--- What you are asked to do ---
Please report the number of lines in the entries below that contain "pieces", with nothing added.

########################################

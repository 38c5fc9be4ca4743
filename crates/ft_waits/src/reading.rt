//! One line after the other.

ghost use Rattle.std.specs.Prelude.{◌≡◌, ◌==◌, ◌+◌, false, [], OnOk, IfOk, IfErr, Ok, Err};
ghost use Rattle.std.specs.List.{list_any};
ghost use Rattle.ft_event.specs.Line.{line_of};
ghost use Rattle.ft_event.specs.declared.fault.Line.TheVariants as lines;
ghost use Rattle.ft_fields.specs.Borrowed.{event_told};
ghost use Rattle.ft_waits.specs.Choice.{all_events};
ghost use Rattle.ft_waits.specs.inner.Streams.{choice_of, ReadsLines, TakesLine, TakesEvent, TakesQuietly, FailsLine};
ghost use Rattle.ft_losses.specs.Notes.{Silent, quiet_note};

use crate::fault::{BadLine, BadLines, LinesRead, WaitsFault};
use crate::missing::notice_mark;
use crate::state::State;
use ft_dispatch::Dispatch;
use ft_event::{LineFault, Mark, mark_of, read_cut_line};
use ft_fields::{Event, EventRef};
use ft_losses::Losses;
use ft_quick::cut_line;
use std::alloc::{AllocError, Global};

/// What is read of the lines of a text.
#[derive(Drop)]
pub(crate) struct Reading {
    pub(crate) bad_lines: BadLines,
    pub(crate) read: LinesRead,
    pub(crate) losses: Losses,
    pub(crate) state: State,
}

/// One more number.
#[inline(always)]
pub(crate) fn one_more(count: u64) -> Result<u64, WaitsFault>
    ensures ok { IfOk result (λ n. n ≡ count + 1) }
    ensures full { IfErr result (λ fault. (fault ≡ WaitsFault.TooLong) × (count ≡ 18446744073709551615)) }
{
    count.checked_add(1).ok_or(WaitsFault::TooLong)
}

/// Skips a line that can't be read, or refuses it.
fn skip(bad_lines: BadLines, bad_line: BadLine) -> Result<(), WaitsFault>
    ensures ok { OnOk result (bad_lines ≡ BadLines.Skip) }
    ensures err { IfErr result (λ fault. (bad_lines ≡ BadLines.Refuse) × (fault ≡ WaitsFault.BadLine bad_line)) }
{
    match bad_lines {
        BadLines::Skip => Ok(()),
        BadLines::Refuse => Err(WaitsFault::BadLine(bad_line)),
    }
}

impl Reading {
    /// No lines.
    pub(crate) fn new(alloc: Global, bad_lines: BadLines) -> Result<Reading, AllocError>
        ensures choice { IfOk result (λ reading. choice_of reading ≡ all_events bad_lines) }
        ensures none { IfOk result (λ reading. ReadsLines reading [] []) }
    {
        Ok(Reading {
            bad_lines,
            read: LinesRead {
                lines: 0,
                bad: 0,
                first: None,
            },
            losses: Losses::new(alloc)?,
            state: State::new(alloc)?,
        })
    }

    /// Takes the event of a line.
    #[inline(always)]
    fn take_event(
        &mut self,
        event: &EventRef<'_>,
        out: &mut Vec<Dispatch>,
    ) -> Result<(), WaitsFault>
        ensures ok { OnOk result (TakesEvent (event_told event.now) self.old out.old.items self.new out.new.items) }
        ensures err { IfErr result (λ fault. FailsLine (Ok (lines.Event (event_told event.now))) self.old fault) }
        ensures choice { OnOk result (choice_of self.new ≡ choice_of self.old) }
    {
        let number = one_more(self.read.lines)?;
        if event.stamp < self.state.latest {
            return Err(WaitsFault::Backwards(number));
        }
        self.read.lines = number;
        self.losses.pass(event)?;
        self.state.push(event, out)
    }

    /// Takes a line without an event, and the mark that it is, if it is one.
    fn take_skipped(&mut self, mark: Option<Mark>) -> Result<(), WaitsFault>
        ensures ok { OnOk result (TakesQuietly (Ok lines.Skip) (quiet_note mark) self.old self.new) }
        ensures err { IfErr result (λ fault. FailsLine (Ok lines.Skip) self.old fault) }
        ensures choice { OnOk result (choice_of self.new ≡ choice_of self.old) }
    {
        let number = one_more(self.read.lines)?;
        self.read.lines = number;
        self.losses.skip(number, mark);
        notice_mark(&mut self.state.running, mark);
        Ok(())
    }

    /// Takes a line that can't be read.
    fn take_bad(&mut self, fault: LineFault) -> Result<(), WaitsFault>
        ensures ok { OnOk result (TakesQuietly (Err fault) Silent self.old self.new) }
        ensures err { IfErr result (λ why. FailsLine (Err fault) self.old why) }
        ensures choice { OnOk result (choice_of self.new ≡ choice_of self.old) }
    {
        let line = one_more(self.read.lines)?;
        let bad_line = BadLine { line, fault };
        skip(self.bad_lines, bad_line)?;
        self.read.bad = one_more(self.read.bad)?;
        self.read.lines = line;
        self.read.first = Some(self.read.first.unwrap_or(bad_line));
        self.losses.skip(line, None);
        Ok(())
    }

    /// Takes a line of any form.
    #[inline(never)]
    fn take_other(&mut self, line: &[u8], out: &mut Vec<Dispatch>) -> Result<(), WaitsFault>
        requires { list_any (λ b. b == 10) line.now ≡ false }
        ensures ok { OnOk result (TakesLine line.now self.old out.old.items self.new out.new.items) }
        ensures err { IfErr result (λ fault. FailsLine (line_of line.now) self.old fault) }
        ensures choice { OnOk result (choice_of self.new ≡ choice_of self.old) }
    {
        let mut event = Event::blank();
        match read_cut_line(line, &mut event) {
            Ok(true) => self.take_event(&event.borrowed(), out),
            Ok(false) => self.take_skipped(mark_of(line)),
            Err(fault) => self.take_bad(fault),
        }
    }

    /// Takes a line, and adds the dispatches of the events before its microsecond.
    #[inline(always)]
    pub(crate) fn take_line(
        &mut self,
        line: &[u8],
        out: &mut Vec<Dispatch>,
    ) -> Result<(), WaitsFault>
        requires { list_any (λ b. b == 10) line.now ≡ false }
        ensures ok { OnOk result (TakesLine line.now self.old out.old.items self.new out.new.items) }
        ensures err { IfErr result (λ fault. FailsLine (line_of line.now) self.old fault) }
        ensures choice { OnOk result (choice_of self.new ≡ choice_of self.old) }
    {
        match cut_line(line) {
            Some(event) => self.take_event(&event, out),
            None => self.take_other(line, out),
        }
    }
}
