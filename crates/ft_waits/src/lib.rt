//! Who waited for a processor, and since when: the switches to tasks in a trace text that comes in
//! pieces, each with where its task became runnable.
//!
//! ```ignore
//! let mut waits = Waits::new(alloc, BadLines::Refuse)?;
//! let mut dispatches = Vec::new(alloc);
//! while let Some(piece) = next_piece() {
//!     waits.feed(piece, &mut dispatches)?;
//! }
//! let read = waits.finish(&mut dispatches)?;
//! for dispatch in &dispatches {
//!     if let Some(began) = dispatch.since.waiting() {
//!         let micros = dispatch.place.stamp - began.place.stamp;
//!     }
//! }
//! ```
//!
//! # Contracts
//!
//! - `Waits::new`, `feed`, `finish`: what was told of the pieces is what the whole text tells, however
//!   it is cut: `dispatches_in` (`specs/Reading.antt`). Events count in the order of stamp, CPU and
//!   line, as in the desk; `ft_dispatch` says what a dispatch is. `finish` reports how many lines there
//!   are, how many of them can't be read, and the first of these (`lines_read`); how many switches are
//!   missing, as far as events show it by the task that ran, and no line reports a loss (`missing_in`,
//!   `specs/Missing.antt`); and where events were lost, as lines report it, and as events show it
//!   though no line does: the holes of `ft_losses` and of `ft_windows` (`AreAllLosses`,
//!   `specs/Lost.antt`). A text is refused at the first line that can't be read, unless such lines are
//!   skipped, or whose stamp is before the last event's (`refused`); otherwise it fails only for
//!   memory, and for more than 4,294,967,295 lines. A stream that failed answers the same from then on.
//!   Lets through: running out of memory at any time; how early a dispatch is told, and which are told
//!   before a failure.
//! - `Waits::leave_out`: events of a name that pass a filter say nothing of who runs (`acts_of`, by
//!   `specs/LeftOut.antt`): the dispatches are those of `dispatches_in` without them, what shows that a
//!   task ran unseen is what the other acts show, and all else is told of the whole text. `finish`
//!   reports how many events have the name, and how many of them pass (`left_out_of`). Refused once
//!   bytes of the text were read, and for memory. Law `nothing_left_out`: with no filters each event
//!   says what it says.
//! - `Waits::sum_up`: `finish` reports what the acts sum up to as well, those whose dispatches are told:
//!   `task_sums` and `cpu_sums` of `ft_summary`, and nothing if it was not asked for (`specs/Summing.antt`).
//!   Refused once bytes of the text were read. Lets through: figures past the greatest `u64`, as there.
//! - `Waits::events`, `last`: the counts and the last stamp of the lines that have ended so far; exact
//!   (`history_so_far`). `has_begun`: whether bytes were read; exact.
//! - `waits_in`: the same of pieces that are all there.
//! - `Waits::join`: a text and the text after it, which another stream read from its own start, are
//!   joined as if one stream had read both: `JoinsTexts` (`specs/Joining.antt`). Of the part's
//!   dispatches the caller keeps the first one of each task: they are completed, and of all others
//!   only the places move (law `ft_dispatch::first_ones_join`). Refused, with all as before, for
//!   the reasons of `CannotJoin`: so is a stream that sums up, on either side, since who waits at
//!   the seam changes the idle time with waiters of the whole part. `meets` is only the test, and
//!   `join_met` joins a part that passed it. Lets through: running out of memory at any time, after
//!   which the stream has failed; joining streams that leave out the same number of kinds of
//!   events, but different kinds.
//! - `moved_place`: a place of a part that was read apart, behind so many events of each CPU; exact,
//!   `moved_within` (`specs/Moving.antt`). `places_move`: the law that such places are those of the whole.
#![tactic(auto)]

mod events;
mod fault;
mod joining;
mod kept;
pub mod laws;
mod left_out;
mod missing;
mod moving;
mod owned;
mod pieces;
mod ran;
mod reading;
mod seam;
mod showing;
mod so_far;
mod starts;
mod state;
mod steps;
mod stream;
mod summing;
mod whole;

pub use fault::{BadLine, BadLines, LinesRead, TextRead, WaitsFault, WithoutFault};
pub use laws::nothing_left_out;
pub use left_out::{LeftOut, Without};
pub use missing::Missing;
pub use moving::{moved_place, places_move};
pub use seam::JoinFault;
pub use stream::Waits;
pub use whole::{WaitsRead, waits_in};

########################################

--- Response area ---
4